» **TASK OBJECTIVE**
Go through the entries below, count every line with the string "UtcDate", and answer with only that number.

>>>

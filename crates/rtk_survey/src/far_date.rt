//! The dates that messages of a station tell more than half a day from the epochs beside them.

ghost use Rattle.std.specs.Prelude.{◌≡◌};
ghost use Rattle.rtk_survey.specs.FarDates as spec;

use crate::date_message::{DateMessage, UtcDate};
use crate::span::Span;
use crate::telling::{HALF_DAY_MS, moment_of, told_by_utc};
use rtk_obs::GpsMs;

/// The date of a 1013 or a 1029, and the epoch beside the message as it dates it.
#[derive(Clone, Copy, Debug, PartialEq, Eq)]
pub struct FarDate {
    pub date: UtcDate,
    /// In ms since 1980-01-06 of GPS time.
    pub epoch: u64,
}

fn is_far(date: UtcDate, epoch: u64) -> bool
    ensures { result ≡ spec.is_far_from_epoch date epoch }
{
    let moment = moment_of(date).ms();
    HALF_DAY_MS < epoch.saturating_sub(moment) || HALF_DAY_MS < moment.saturating_sub(epoch)
}

fn far_from_epoch(date: UtcDate, epoch: Option<u64>) -> Option<FarDate>
    ensures { result ≡ spec.far_from_epoch date epoch }
{
    let epoch = epoch?;
    if is_far(date, epoch) {
        Some(FarDate { date, epoch })
    } else {
        None
    }
}

/// The date of a message after these epochs of the station, if it is a 1013 or a 1029 of it, and far from the last one.
pub(crate) fn far_date(
    now: GpsMs,
    station: u16,
    span: &Span,
    message: &DateMessage,
) -> Option<FarDate>
    ensures { result ≡ spec.far_date now station span.now message.now }
{
    match message {
        DateMessage::Utc(date) if date.station == station => {
            far_from_epoch(*date, told_by_utc(now, *date, span.last_time_of_week()))
        }
        _ => None,
    }
}

// A date that is far from the epoch before it, if it is far from the one behind it.
fn far_from_both(far: FarDate, behind: Option<FarDate>) -> Option<FarDate>
    ensures { result ≡ spec.far_from_both far behind }
{
    match behind {
        Some(_) => Some(far),
        None => None,
    }
}

/// A date that is far from the epoch before it, if it is far from the one behind it, which has this time of week.
pub(crate) fn far_from_next(now: GpsMs, tow: u32, far: Option<FarDate>) -> Option<FarDate>
    ensures { result ≡ spec.far_from_next now tow far }
{
    match far {
        Some(far) => far_from_both(
            far,
            far_from_epoch(far.date, told_by_utc(now, far.date, tow)),
        ),
        None => None,
    }
}

/// The last of such dates: this one, or else one that was told before.
pub(crate) fn last_far_date(known: Option<FarDate>, more: Option<FarDate>) -> Option<FarDate>
    ensures { result ≡ spec.last_far_date known more }
{
    match more {
        Some(more) => Some(more),
        None => known,
    }
}

/// The first of such dates: one that was told before, or else this one.
pub fn first_far_date(known: Option<FarDate>, more: Option<FarDate>) -> Option<FarDate>
    ensures { result ≡ spec.first_far_date known more }
{
    match known {
        Some(known) => Some(known),
        None => more,
    }
}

<<<

» **RESULT OF THIS TASK**
4